Comment 11 Brad Hubbard 2016-12-02 06:06:24 UTC
There is compelling evidence to suggest the assert is linked to the running of "osd crush create-or-move" on these osds as the list of down osds for the most part correlates with the list of osds that create-or-move was run on and at least some of the discrepancies can be explained by other failures.

$ zgrep create-or-move ceph.audit.*|grep osd.229
ceph.audit.log:2016-11-29 03:53:31.869501 mon.0 X.X.X.10:6789/0 36543098 : audit [INF] from='client.? X.X.X.36:0/2628049' entity='osd.229' cmd=[{"prefix": "osd crush create-or-move", "args": ["host=boxen-027"], "id": 229, "weight": 2.72}]: dispatch

$ grep interval_set ceph-osd.229.log |head -1
2016-11-29 04:09:15.149619 7fe52ddbe700 -1 ./include/interval_set.h: In function 'void interval_set<T>::erase(T, T) [with T = snapid_t]' thread 7fe52ddbe700 time 2016-11-29 04:09:15.130676

Comment 13 Brad Hubbard 2016-12-07 05:06:01 UTC
After a complete review of the details of this bug and the code involved it is clear the issue was caused by populating cached_removed_snaps from the osdmap stored on disk in a function called from load_pgs. This data was further manipulated via a call to PG::update and using a current map (a large map gap). The combination of the data from the two maps resulted in an inconsistency causing us to assert in PG::activate. Because this assert occurred in PG::activate we have already called write_if_dirty on the pg and persisted a new osd map to the pg's filestore. The next time we boot we start successfully as we read a current osdmap off the disk and do not calculate an inconsistent cached_removed_snaps.

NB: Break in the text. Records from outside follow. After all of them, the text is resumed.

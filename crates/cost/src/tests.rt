//! Costs at their limits.
use crate::Cost;
use crate::octile::Octile;
use crate::seconds::Seconds;

#[test]
fn seconds_up_to_65535_stand_on_a_way(rt: HostRuntime) {
    assert!(rt; Seconds::new(65_535).is_way_cost());
    assert!(rt; !Seconds::new(65_536).is_way_cost());
    assert!(rt; Seconds::new(1).is_way_cost());
    assert!(rt; !Seconds::new(0).is_way_cost());
}

#[test]
fn sums_of_seconds_past_16777215_are_over(rt: HostRuntime) {
    let most = Seconds::new(16_777_214).plus(Seconds::new(1));
    assert_eq!(rt; most.to_word(), 16_777_215);
    assert_eq!(rt; most.plus(Seconds::new(1)).to_word(), u64::MAX);
    assert_eq!(rt; Seconds::from_word(16_777_216).number(), None);
}

#[test]
fn octile_costs_are_ordered_exactly(rt: HostRuntime) {
    assert!(rt; Octile::new(41, 0).is_less(Octile::new(0, 29)));
    assert!(rt; Octile::new(0, 12).is_less(Octile::new(17, 0)));
    assert!(rt; !Octile::new(17, 0).is_less(Octile::new(0, 12)));
    assert_eq!(rt;
        Octile::new(16_777_214, 0).plus(Octile::new(0, 1)).to_word(),
        u64::MAX
    );
    assert_eq!(rt; Octile::from_word(17_179_869_184).steps(), Some((4, 0)));
}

Sam's patch (5fb8fb4e450949ebc4c724c102a5b2ae6f1d06c8) skips modification of cached_removed_snaps if the map gap is greater than 1 and would directly address this issue.

5fb8fb4e450949ebc4c724c102a5b2ae6f1d06c8 is not in our ceph-1.3-rhel-7 branch so is not in any version of 1.3 we have shipped and currently will not be in the next version since it's not yet in our tree. It is however in v10.2.3-13.el7 (2.1) so the recommendation would be to upgrade to that version to avoid this issue.

Note that the patch from comment #4 would not resolve this issue but would reduce the impact from an assert to a logged warning. Also note that this issue is not generally seen as the conditions for its occurrence are difficult to reproduce.